■ **REQUIRED WORK**
Find the line holding "if occurs(patterns, ignore_case, haystack, span, i, at)" in the entries below. Give it again exactly, along with every line after it up to and including the line holding "span of the".

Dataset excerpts
//! A long pattern, many patterns, and long haystacks. The time of each search is bounded by the counts in its contract.
ghost use Rattle.std.specs.Prelude.{◌+◌, ◌<◌, ◌≤◌};
ghost use Rattle.literal_search.specs.SearchValue.{longest_of};

use crate::asserted::assert_same;
use crate::chosen::assert_confirms;
use crate::made::{place, searcher};
use literal_prefilters::packed::MatchKind;
use literal_search::{Match, Search, Span, Tally};
use std::alloc::{AllocError, Global};
use std::process::Abort;
use std::test::Fail;

/// 99,999 times `a`, and then `b`.
fn long_pattern(alloc: Global) -> Result<Vec<u8>, AllocError> {
    let mut pattern = vec![in alloc; b'a'; 99_999]?;
    pattern.push(b'b')?;
    Ok(pattern)
}

/// An `x`, followed by the pattern.
fn behind_x(alloc: Global, pattern: &[u8]) -> Result<Vec<u8>, AllocError> {
    let mut haystack = vec![in alloc; b'x'; 1]?;
    haystack.extend_from_slice(pattern)?;
    Ok(haystack)
}

/// All searches find this in a haystack, with the pattern alone and with another one: the pattern after the first byte,
/// or nothing.
fn assert_finds_long(
    rt: &impl Abort,
    alloc: Global,
    pattern: &[u8],
    haystack: &[u8],
    wanted: Option<(usize, usize, usize)>,
) -> Result<(), Fail> {
    let patterns = [pattern, b"bab"];
    for (case, list) in [("alone", &patterns[..1]), ("with another", &patterns)] {
        for kind in [MatchKind::LeftmostFirst, MatchKind::LeftmostLongest] {
            let found = searcher(alloc, kind, list)?.find(haystack);
            assert_same(rt, found.map(place), wanted, case);
            let search = Search::new(alloc, kind, true, list.iter().copied())?;
            assert_same(rt, search.find(haystack).map(place), wanted, case);
        }
        assert_confirms(rt, alloc, list, haystack, wanted, case)?;
    }
    Ok(())
}

/// A pattern of 100,000 bytes: each byte is hashed once, however long the window is.
fn assert_finds_a_long_pattern(rt: &impl Abort, alloc: Global) -> Result<(), Fail> {
    let pattern = long_pattern(alloc)?;
    let haystack = behind_x(alloc, &pattern)?;
    let (_, front) = haystack.split_last().ok_or("it is empty")?;
    let found = Some((0, 1, 100_001));
    assert_finds_long(rt, alloc, &pattern, &haystack, found)?;
    assert_finds_long(rt, alloc, &pattern, front, None)
}

/// The length of a haystack of one repeated byte.
const LEN: usize = 1 << 16;

/// The description of a case, its patterns, and the byte of its haystack, which is in their table.
static IN_TABLES: [(&str, [&[u8]; 2], u8); 2] = [
    ("a start byte", [b"foo", b"bar"], b'f'),
    ("a rare byte behind others", [b"Sherlock", b"lockjaw"], b'k'),
];

/// Each byte is in the table. So each offset is tried, and each pattern is compared there once. `confirm` scans at most
/// one byte for each; its bound would allow as many as the table reaches.
fn assert_tries_each_place(rt: &impl Abort, alloc: Global) -> Result<(), Fail> {
    for (case, patterns, byte) in &IN_TABLES {
        let haystack = vec![in alloc; *byte; LEN]?;
        assert_confirms(rt, alloc, patterns, &haystack, None, case)?;
    }
    Ok(())
}

/// The numbers of patterns: none, one, the most of a packed search and one more, and many more.
const COUNTS: [usize; 6] = [0, 1, 128, 129, 2_000, 20_000];

/// The pattern with a number below 100,000: its digits, and then a `;`.
fn numbered(number: usize) -> [u8; 6] {
    let digit = |unit: usize| b'0' + (number / unit % 10) as u8;
    [
        digit(10_000),
        digit(1_000),
        digit(100),
        digit(10),
        digit(1),
        b';',
    ]
}

/// The patterns with the numbers below a count, concatenated.
fn all_numbered(alloc: Global, count: usize) -> Result<Vec<u8>, AllocError> {
    let mut text = Vec::new(alloc);
    for number in 0..count {
        text.extend_from_slice(&numbered(number))?;
    }
    Ok(text)
}

/// Each of these patterns is found where it is, and nothing else is found.
fn assert_finds_numbered(rt: &impl Abort, alloc: Global, count: usize) -> Result<(), Fail> {
    let text = all_numbered(alloc, count)?;
    let patterns = text.chunks_exact(6);
    let search = Search::new(alloc, MatchKind::LeftmostFirst, false, patterns)?;
    let mut number = 0;
    for found in search.find_iter(&text) {
        let start = 6 * (number % 100_000);
        assert_same(rt, place(found), (number, start, start + 6), "a number");
        number = number.wrapping_add(1);
    }
    assert_same(rt, number, count, "all numbers");
    Ok(())
}

#[test]
fn finds_each_of_many_patterns(rt: HostRuntime) -> Result<(), Fail> {
    for count in COUNTS {
        assert_finds_numbered(&rt, rt.alloc(), count)?;
    }
    Ok(())
}

/// 10,000 times the first byte of each pattern of the next tests.
static SAME: [u8; 10_000] = [b'a'; 10_000];

/// The leftmost match in these bytes. For any patterns, it looks up at most three times as many bytes.
fn find_counted(search: &Search, haystack: &[u8; 10_000], tally: &mut Tally) -> Option<Match>
    ensures { tally.new.scanned ≤ tally.old.scanned + 30_000 }
{
    let (start, end) = (0, 10_000);
    search.find_in_counted(haystack, Span { start, end }, tally)
}

/// All matches in these bytes. For any number of matches, it looks up at most three times as many bytes, if no pattern
/// has 262,000 bytes.
#[tactic(auto, using(literal_leftmost::proofs::lemmas::Passes::just_thrice))]
fn find_all_counted(
    search: &Search,
    haystack: &[u8; 10_000],
    tally: &mut Tally,
) -> Result<Vec<Match>, AllocError>
    ensures { longest_of search.now.query.patterns < 262_000
        → tally.new.scanned ≤ tally.old.scanned + 30_000 }
{
    let (start, end) = (0, 10_000);
    search.find_all_in_counted(haystack, Span { start, end }, tally)
}

/// The last byte of a pattern of 1,001 bytes occurs nowhere, and the others occur at each offset.
#[test]
fn looks_at_no_byte_again_for_a_pattern_that_nearly_occurs(rt: HostRuntime) -> Result<(), Fail> {
    let mut pattern = vec![in rt.alloc(); b'a'; 1_000]?;
    pattern.push(b'b')?;
    let patterns = [pattern.as_slice()];
    let search = Search::new(rt.alloc(), MatchKind::LeftmostFirst, false, patterns)?;
    let found = find_counted(&search, &SAME, &mut Tally::new());
    assert_same(&rt, found.map(place), None, "it does not occur");
    Ok(())
}

/// There is a match at each offset.
#[test]
fn looks_at_no_byte_again_for_each_match(rt: HostRuntime) -> Result<(), Fail> {
    let search = Search::new(
        rt.alloc(),
        MatchKind::LeftmostFirst,
        false,
        [b"a".as_slice()],
    )?;
    let all = find_all_counted(&search, &SAME, &mut Tally::new())?;
    assert_same(&rt, all.len(), 10_000, "all places");
    Ok(())
}

#[test]
fn finds_in_long_haystacks(rt: HostRuntime) -> Result<(), Fail> {
    assert_finds_a_long_pattern(&rt, rt.alloc())?;
    assert_tries_each_place(&rt, rt.alloc())
}
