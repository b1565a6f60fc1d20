//! Patterns and haystacks chosen to mislead a search, with each distance that a table may have.
//! `literal_prefilters::laws` has their counts.
ghost use Rattle.std.specs.Prelude.{◌≤◌};

use crate::asserted::assert_same;
use crate::made::{Place, confirming_search, covered, place, prefilter, proposed};
use literal_prefilters::Span;
use literal_prefilters::count::Tally;
use literal_prefilters::packed::MatchKind::LeftmostFirst;
use literal_prefilters::prefilter::Prefilter;
use literal_promise::covered::confirm_covered;
use std::alloc::Global;
use std::process::Abort;
use std::test::Fail;

/// The prefilter of some patterns, for the match kind that prefers the first in the list.
fn prefilter_of(alloc: Global, patterns: &[&[u8]]) -> Result<Prefilter, Fail> {
    let kind = literal_prefilters::MatchKind::LeftmostFirst;
    prefilter(alloc, kind, false, patterns)
}

/// The answer of confirming by a prefilter of any kind in a haystack, with case kept.
fn confirmed(alloc: Global, patterns: &[&[u8]], haystack: &[u8]) -> Result<Option<Place>, Fail> {
    let (start, end, tally) = (0, haystack.len(), &mut Tally::new());
    let covered = covered(alloc, LeftmostFirst, false, patterns)?;
    let found = confirm_covered(&covered, false, haystack, Span { start, end }, tally);
    Ok(found.map(place))
}

/// Both confirming searches find this in a haystack, with case kept.
pub fn assert_confirms(
    rt: &impl Abort,
    alloc: Global,
    patterns: &[&[u8]],
    haystack: &[u8],
    wanted: Option<Place>,
    case: &str,
) -> Result<(), Fail> {
    let (start, end) = (0, haystack.len());
    let search = confirming_search(alloc, LeftmostFirst, false, patterns)?;
    let found = search.find_in(haystack, Span { start, end });
    assert_same(rt, found.map(place), wanted, case);
    let found = confirmed(alloc, patterns, haystack)?;
    assert_same(rt, found, wanted, format_args!("{case}, by confirm"));
    Ok(())
}

/// Ten `z`, then a pattern that ends with `Q` at this distance from its first byte.
fn ends_with_q(distance: usize) -> [u8; 265]
    requires { distance ≤ 254 }
{
    let mut bytes = [b'e'; 265];
    bytes[..10].fill(b'z');
    bytes[10] = 0xC0;
    bytes[10 + distance] = b'Q';
    bytes
}

/// The prefilter goes back from `Q` to the first byte of the pattern.
fn assert_goes_back(rt: &impl Abort, alloc: Global, distance: usize, case: &str) -> Result<(), Fail>
    requires { distance ≤ 254 }
{
    let (bytes, start, end) = (ends_with_q(distance), 0, 11 + distance);
    let haystack = &bytes[..end];
    let patterns = [&haystack[10..], b"\xC0Q".as_slice()];
    let candidate = prefilter_of(alloc, &patterns)?.find_in(haystack, Span { start, end });
    assert_same(rt, proposed(candidate), Ok(Some(10)), case);
    let found = Some((0, 10, end));
    assert_confirms(rt, alloc, &patterns, haystack, found, case)
}

#[test]
fn goes_back_by_each_distance(rt: HostRuntime) -> Result<(), Fail> {
    for distance in 1..255 {
        let case = format!(in rt.alloc(); "a distance of {distance}")?;
        assert_goes_back(&rt, rt.alloc(), distance, case.as_str())?;
    }
    Ok(())
}
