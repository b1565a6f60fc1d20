//! The plain search: it tries every pattern at every offset of the span, from its start. It shares only the definitions
//! with the searches that are compared with it.
ghost use Rattle.std.specs.Prelude.{◌≡◌, ◌+◌, ◌<◌, ◌≤◌, ◌⊎◌, ◌↔◌, length, map, Some, IsTrue};
ghost use Rattle.literal_base.specs.Occurs.{Occurs, AreEqualBytes, IsValidSpan, pattern_at};
ghost use Rattle.literal_base.specs.Leftmost.{IsBetter, IsLeftmost};
ghost use Rattle.test_compared.specs.Best.{IsBestIfAny};

use literal_prefilters::packed::MatchKind;
use literal_prefilters::{Match, PatternID, Span};

/// The bytes of a pattern.
fn pattern<'a>(patterns: &[&'a [u8]], i: usize) -> &'a [u8]
    requires { i < length patterns.now }
    ensures { result.now ≡ pattern_at (map (λ p. p.now) patterns.now) i }
{
    patterns[i]
}

/// Whether two texts are equal.
fn is_same(a: &[u8], b: &[u8], ignore_case: bool) -> bool
    ensures { IsTrue result ↔ AreEqualBytes ignore_case a.now b.now }
{
    if ignore_case {
        a.eq_ignore_ascii_case(b)
    } else {
        a == b
    }
}

/// Whether a pattern occurs at an offset of the span.
pub fn occurs(
    patterns: &[&[u8]],
    ignore_case: bool,
    haystack: &[u8],
    span: Span,
    i: usize,
    at: usize,
) -> bool
    requires is_pattern { i < length patterns.now }
    requires valid { IsValidSpan haystack.now span }
    requires after_start { span.start ≤ at }
    requires before_end { at ≤ span.end }
    ensures { IsTrue result ↔ Occurs (map (λ p. p.now) patterns.now) ignore_case haystack.now span i at }
{
    let bytes = pattern(patterns, i);
    if bytes.len() > span.end - at {
        return false;
    }
    is_same(&haystack[at..at + bytes.len()], bytes, ignore_case)
}

/// The preferred one of two patterns that occur at one offset.
fn better_of(patterns: &[&[u8]], kind: MatchKind, earlier: usize, later: usize) -> usize
    requires earlier { earlier < later }
    requires later { later < length patterns.now }
    ensures { ((result ≡ earlier) × IsBetter kind (map (λ p. p.now) patterns.now) earlier later)
        ⊎ ((result ≡ later) × IsBetter kind (map (λ p. p.now) patterns.now) later earlier) }
{
    match kind {
        MatchKind::LeftmostFirst => earlier,
        MatchKind::LeftmostLongest => {
            if pattern(patterns, later).len() > pattern(patterns, earlier).len() {
                later
            } else {
                earlier
            }
        }
    }
}

/// The preferred one of the patterns that occur at an offset.
fn best_at(
    patterns: &[&[u8]],
    kind: MatchKind,
    ignore_case: bool,
    haystack: &[u8],
    span: Span,
    at: usize,
) -> Option<usize>
    requires valid { IsValidSpan haystack.now span }
    requires after_start { span.start ≤ at }
    requires before_end { at ≤ span.end }
    ensures { IsBestIfAny (record { kind = kind; patterns = map (λ p. p.now) patterns.now }) ignore_case haystack.now
        span at (length patterns.now) result }
{
    let mut best = None;
    for i in 0..patterns.len() {
        if occurs(patterns, ignore_case, haystack, span, i, at) {
            best = match best {
                None => Some(i),
                Some(kept) => Some(better_of(patterns, kind, kept, i)),
            };
        }
    }
    best
}

/// The leftmost match in a span of the haystack. The patterns are numbered in the order of the slice. If `ignore_case`
/// is set, both cases of an ASCII letter are equal. The span has to be valid. There may be at most [`PatternID::LIMIT`]
/// patterns; they may be empty.
pub fn leftmost_plainly(
    patterns: &[&[u8]],
    kind: MatchKind,
    ignore_case: bool,
    haystack: &[u8],
    span: Span,
) -> Option<Match>
    requires numbered { length patterns.now ≤ PatternID.LIMIT }
    requires valid { IsValidSpan haystack.now span }
    ensures { IsLeftmost (record { kind = kind; patterns = map (λ p. p.now) patterns.now }) ignore_case haystack.now
        span result }
{
    for at in span.start..span.end + 1 {
        if let Some(i) = best_at(patterns, kind, ignore_case, haystack, span, at) {
            let end = at + pattern(patterns, i).len();
            return Some(Match::new(PatternID::must(i), Span { start: at, end }));
        }
    }
    None
}
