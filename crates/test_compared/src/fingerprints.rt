//! Fingerprints compared with the plain search.
use crate::asserted::assert_holds;
use crate::plain::leftmost_plainly;
use literal_base::count::Tally;
use literal_fingerprints::Fingerprints;
use literal_search::{MatchKind, Span};
use std::alloc::{AllocError, Global};
use std::process::Abort;
use std::test::Fail;

/// Whether case is ignored, patterns, and an occurrence of one of them.
static LISTS: [(bool, [&[u8]; 3], &[u8]); 4] = [
    (false, [b"q", b"q", b"q"], b"q"),
    (true, [b"abc", b"Cdef", b"ghij"], b"ABc"),
    (true, [b"Sherlock", b"lockJAW", b"Adler"], b"LockjaW"),
    (
        false,
        [b"\xFF\x80\x00\x7F", b"@A[`a{", b"\x00\x00\x00\x00\x00"],
        b"@A[`a{",
    ),
];

fn copies(alloc: Global, list: &[&[u8]]) -> Result<Vec<Vec<u8>>, AllocError> {
    let mut patterns = Vec::new(alloc);
    for bytes in list {
        let mut pattern = Vec::new(alloc);
        pattern.extend_from_slice(bytes)?;
        patterns.push(pattern)?;
    }
    Ok(patterns)
}

/// Dots, and the bytes at an offset, as far as they fit.
fn haystack_with(
    alloc: Global,
    len: usize,
    bytes: &[u8],
    at: usize,
) -> Result<Vec<u8>, AllocError> {
    let mut haystack = vec![in alloc; b'.'; len]?;
    for (place, byte) in haystack.iter_mut().skip(at).zip(bytes) {
        *place = *byte;
    }
    Ok(haystack)
}

/// The scan stops where the plain search finds a match, or where fewer than 19 bytes are left.
fn assert_stops(
    rt: &impl Abort,
    fingerprints: &Fingerprints,
    (ignore_case, list): (bool, &[&[u8]; 3]),
    haystack: &[u8],
    start: usize,
) {
    let span = Span {
        start: start.min(haystack.len()),
        end: haystack.len(),
    };
    let found = leftmost_plainly(list, MatchKind::LeftmostFirst, ignore_case, haystack, span);
    let wanted = found.map_or(span.end, |found| found.start());
    let place = fingerprints.next(haystack, span, &mut Tally::new());
    let holds = place == wanted || (place < wanted && span.end - place < 19);
    assert_holds(rt, holds, "another place");
}

/// The scan stops in haystacks of each length up to 80, with the bytes at each offset.
fn assert_stops_at_each_place(
    rt: &impl Abort,
    alloc: Global,
    (ignore_case, list, bytes): &(bool, [&[u8]; 3], &[u8]),
) -> Result<(), Fail> {
    let patterns = copies(alloc, list)?;
    let scan = Fingerprints::new(*ignore_case, 0, &patterns).ok_or("there are none")?;
    for number in 0usize..81 * 80 {
        let haystack = haystack_with(alloc, number / 80, bytes, number % 80)?;
        for start in [0, 5] {
            assert_stops(rt, &scan, (*ignore_case, list), &haystack, start);
        }
    }
    Ok(())
}

/// The scan stops at the only match, which begins at an offset.
fn assert_stops_at(
    rt: &impl Abort,
    alloc: Global,
    scan: &Fingerprints,
    at: usize,
) -> Result<(), Fail> {
    let haystack = haystack_with(alloc, at.saturating_add(40), b"fOUR", at)?;
    let end = haystack.len();
    let span = Span {
        start: end.min(3),
        end,
    };
    let place = scan.next(&haystack, span, &mut Tally::new());
    assert_holds(rt, place == at, "another place");
    Ok(())
}

/// The only match is after 1 MiB, or where the scan begins to read 32 bytes at a time.
fn assert_stops_far_behind(rt: &impl Abort, alloc: Global) -> Result<(), Fail> {
    let list = [b"some".as_slice(), b"many", b"Four"];
    let scan = Fingerprints::new(true, 0, &copies(alloc, &list)?).ok_or("there are none")?;
    for more in [0, 5, 15] {
        assert_stops_at(rt, alloc, &scan, (1usize << 20) + more)?;
    }
    for at in 480usize..640 {
        assert_stops_at(rt, alloc, &scan, at)?;
    }
    Ok(())
}

#[test]
fn stops_where_the_plain_search_finds(rt: HostRuntime) -> Result<(), Fail> {
    for list in &LISTS {
        assert_stops_at_each_place(&rt, rt.alloc(), list)?;
    }
    assert_stops_far_behind(&rt, rt.alloc())
}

■ **EXERCISE ANSWER**
        if occurs(patterns, ignore_case, haystack, span, i, at) {
            best = match best {
                None => Some(i),
                Some(kept) => Some(better_of(patterns, kind, kept, i)),
            };
        }
    }
    best
}

/// The leftmost match in a span of the haystack. The patterns are numbered in the order of the slice. If `ignore_case`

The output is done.